__Exercise details__: After locating "self.loans = self.loans.saturating_add(1);" in the listing below, copy that line and each one after it exactly, ending with the line that has "to fail, and".

__Material supplied__:
::::
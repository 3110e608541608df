//! A store of one file that changes.
ghost use Rattle.std.specs.Prelude.{◌≡◌, ◌^◌, ◌<◌, length, None, Some, Ok, IfOk, IfErr, IsOk, if◌then◌else◌, bytes_eq, [], ◌≤◌};
ghost use Rattle.vod_source.specs.contracts.memory.shift.ShiftStore.{the_row};
ghost use Rattle.std.specs.Borrow.{sem};
ghost use Rattle.std.specs.Io.BufRead.{Rests};
ghost use Rattle.vod_types.specs.declared.refusal.Refusal.TheVariants.{NoMemory};
ghost use Rattle.vod_source.specs.Stored.{LentFrom};
ghost use Rattle.vod_source.specs.Memory.{text_shown, zero_filled, raised};

use crate::memory::zeros::refill;
use crate::{Store, StoreFailed};
use std::alloc::Global;
use std::marker::Model;
use vod_types::{Name, Refusal};

// The length of the longest loan.
const LOAN: usize = 65536;

/// One file, whose text is another after some loans. It tells no content, and none of its calls fails.
#[derive(Drop)]
pub struct ShiftStore {
    name: Name,
    first: Vec<u8>,
    second: Vec<u8>,
    turn: u64,
    loans: u64,
    room: Vec<u8>,
}

impl Model for ShiftStore {
    ghost use Rattle.std.specs.Prelude.{◌≤◌, vec_capacity};
    ghost use Rattle.vod_source.specs.Stored.{LentFrom};
    ghost use Rattle.vod_source.specs.Memory.{ShiftValue};

    ghost Value = { ShiftValue };

    ghost view = { λ a. record { name = a.name; first = a.first.items; second = a.second.items; turn = a.turn; loans = a.loans } };

    ghost invariant = { λ a. 65536 ≤ vec_capacity a.room };
}

impl ShiftStore {
    /// A file that shows the first text in its first `turn` loans, and then the second, which is as long. It fails for want
    /// of memory.
    pub fn new(
        alloc: Global,
        name: Name,
        first: Vec<u8>,
        second: Vec<u8>,
        turn: u64,
    ) -> Result<Self, Refusal>
        requires { length first.items ≡ length second.items }
        ensures fresh { IfOk result (λ store. store ≡ record { name = name; first = first.items; second = second.items; turn = turn; loans = 0 }) }
        ensures only { IfErr result (λ refusal. refusal ≡ NoMemory) }
    {
        match Vec::with_capacity(alloc, LOAN) {
            Ok(room) => Ok(ShiftStore {
                name,
                first,
                second,
                turn,
                loans: 0,
                room,
            }),
            Err(_) => Err(Refusal::NoMemory),
        }
    }
}

// One of two texts, or an empty one.
fn choose<'a>(first: &'a [u8], second: &'a [u8], is_named: bool, is_early: bool) -> &'a [u8]
    ensures { result.now ≡ (if is_named then (if is_early then first.now else second.now) else []) }
{
    if !is_named {
        &[]
    } else if is_early {
        first
    } else {
        second
    }
}

impl Store for ShiftStore {
    ghost content = { λ _. None };

    ghost log = { λ _. None };

    ghost faults = { λ _. 0 };

    ghost moved = { λ old new _. new ≡ record old { loans = raised old.loans } };

    fn size(&mut self, name: &str) -> Result<Option<u64>, StoreFailed>
        ensures size { result ≡ Ok (if bytes_eq self.old.name name.now then Some (length self.old.first) else None) }
        ensures file { self.new ≡ self.old }
    {
        Ok(if self.name.as_str() == name {
            Some(self.first.len() as u64)
        } else {
            None
        })
    }

    fn lend(&mut self, name: &str, at: u64, n: usize) -> Result<&[u8], StoreFailed>
        requires few { n ≤ 65536 }
        ensures length { IfOk result (λ piece. length piece.now ≡ n) }
        ensures shown { IfOk result (λ piece. piece.now ≡ zero_filled (text_shown self.old name.now) at n) }
        ensures ok { IsOk result }
        ensures* after_loan { sem 𝓛 (Rests the_row self.entry (λ new.
            LentFrom None None None None 0 0 (name.now, at, n) result
            (new ≡ record self.old { loans = raised self.old.loans }))) }
    {
        let is_named = self.name.as_str() == name;
        let is_early = self.loans < self.turn;
        self.loans = self.loans.saturating_add(1);
        let text = choose(&self.first, &self.second, is_named, is_early);
        refill(&mut self.room, text, at as usize, n);
        Ok(&self.room)
    }
}
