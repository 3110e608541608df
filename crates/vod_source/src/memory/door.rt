//! A door in memory.
ghost use Rattle.std.specs.Prelude.{◌≡◌, ◌↔◌, ◌⊎◌, ◌+◌, ◌-◌, ◌<◌, ◌≤◌, ◌++◌, ◌∷◌, [], length, Some, None, IfOk, IfErr, OnOk, OnErr, IsErr, is_err, if◌then◌else◌};
ghost use Rattle.vod_types.specs.declared.refusal.Refusal.TheVariants.{NoMemory};
ghost use Rattle.vod_source.specs.Causes.{HasCause};
ghost use Rattle.vod_source.specs.Memory.{IsDue, counted, failed};

use crate::memory::calls::Calls;
use crate::{Door, DoorFailed, MemLink};
use std::alloc::Global;
use std::marker::Model;
use vod_types::Refusal;

/// Links in memory, one after another. The room for those that come back is taken at the start.
///
/// `listen` and `next` count as calls of one number. A call fails where its number is one of those that are to fail, and
/// `next` also where no link is left.
#[derive(Drop)]
pub struct MemDoor {
    coming: Vec<MemLink>,
    returned: Vec<MemLink>,
    out: usize,
    calls: Calls,
}

impl Model for MemDoor {
    ghost use Rattle.std.specs.Prelude.{◌+◌, ◌≤◌, vec_len, vec_capacity};
    ghost use Rattle.vod_source.specs.Memory.{DoorValue};

    ghost Value = { DoorValue };

    ghost view = { λ a. record { coming = a.coming.items; returned = a.returned.items; out = a.out; plan = a.calls } };

    ghost invariant = { λ a. vec_len a.coming + a.out + vec_len a.returned ≤ vec_capacity a.returned };
}

impl MemDoor {
    /// A door with these links, whose calls with the numbers `fails`, from 1, fail. It fails for want of memory.
    pub fn new(alloc: Global, links: Vec<MemLink>, fails: Vec<u64>) -> Result<Self, Refusal>
        ensures fresh { IfOk result (λ door. door ≡ record {
          coming = links.items;
          returned = [];
          out = 0;
          plan = record { fails = fails.items; made = 0; faults = 0 };
        }) }
        ensures only { IfErr result (λ refusal. refusal ≡ NoMemory) }
    {
        match Vec::with_capacity(alloc, links.len()) {
            Ok(returned) => Ok(MemDoor {
                coming: links,
                returned,
                out: 0,
                calls: Calls::new(fails),
            }),
            Err(_) => Err(Refusal::NoMemory),
        }
    }

    /// The links that were given back, in that order.
    pub fn back(&self) -> &[MemLink]
        ensures { result.now ≡ self.now.returned }
    {
        &self.returned
    }
}

impl Door for MemDoor {
    type L = MemLink;

    ghost coming = { λ d. Some d.coming };

    ghost returned = { λ d. Some d.returned };

    ghost out = { λ d. Some d.out };

    ghost faults = { λ d. d.plan.faults };

    fn listen(&mut self, _addr: &str) -> Result<(), DoorFailed>
        ensures coming { self.new.coming ≡ self.old.coming }
        ensures returned { self.new.returned ≡ self.old.returned }
        ensures out { self.new.out ≡ self.old.out }
        ensures due { IsErr result ↔ IsDue self.old.plan }
        ensures plan { self.new.plan ≡ (if is_err result then failed (counted self.old.plan) else counted self.old.plan) }
        ensures cause { HasCause self.old.plan.faults self.new.plan.faults result }
    {
        if self.calls.begin() {
            return Err(DoorFailed);
        }
        Ok(())
    }

    fn next(&mut self) -> Result<MemLink, DoorFailed>
        ensures given { IfOk result (λ link. self.old.coming ≡ link ∷ self.new.coming) }
        ensures kept { OnErr result (self.new.coming ≡ self.old.coming) }
        ensures returned { self.new.returned ≡ self.old.returned }
        ensures counted { OnOk result (self.new.out ≡ self.old.out + 1) }
        ensures uncounted { OnErr result (self.new.out ≡ self.old.out) }
        ensures due { IsErr result ↔ (IsDue self.old.plan ⊎ (self.old.coming ≡ [])) }
        ensures plan { self.new.plan ≡ (if is_err result then failed (counted self.old.plan) else counted self.old.plan) }
        ensures cause { HasCause self.old.plan.faults self.new.plan.faults result }
    {
        if self.calls.begin() {
            return Err(DoorFailed);
        }
        if self.coming.is_empty() {
            self.calls.fail();
            return Err(DoorFailed);
        }
        self.out += 1;
        Ok(self.coming.remove(0))
    }

    fn give_back(&mut self, link: MemLink)
        requires { 0 < self.old.out }
        ensures coming { self.new.coming ≡ self.old.coming }
        ensures returned { self.new.returned ≡ self.old.returned ++ link ∷ [] }
        ensures out { self.new.out ≡ self.old.out - 1 }
        ensures plan { self.new.plan ≡ self.old.plan }
    {
        self.out -= 1;
        let _ = self.returned.push(link);
    }
}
::::
__Output below__:
        self.loans = self.loans.saturating_add(1);
        let text = choose(&self.first, &self.second, is_named, is_early);
        refill(&mut self.room, text, at as usize, n);
        Ok(&self.room)
    }
}
repository 3110e608541608df
filename crates/vod_source/src/memory/door.rt
//! A door in memory.
ghost use Rattle.std.specs.Prelude.{◌≡◌, ◌↔◌, ◌⊎◌, ◌+◌, ◌-◌, ◌<◌, ◌≤◌, ◌++◌, ◌∷◌, [], length, Some, None, IfOk, IfErr, OnOk, OnErr, IsErr, is_err, if◌then◌else◌};
ghost use Rattle.vod_types.specs.declared.refusal.Refusal.TheVariants.{NoMemory};
ghost use Rattle.vod_source.specs.Causes.{HasCause};
ghost use Rattle.vod_source.specs.Memory.{IsDue, counted, failed};

use crate::memory::calls::Calls;
use crate::{Door, DoorFailed, MemLink};
use std::alloc::Global;
use std::marker::Model;
use vod_types::Refusal;

/// Links in memory, one after another. The room for those that come back is taken at the start.
///
/// `listen` and `next` count as calls of one number. A call fails where its number is one of those that are to fail, and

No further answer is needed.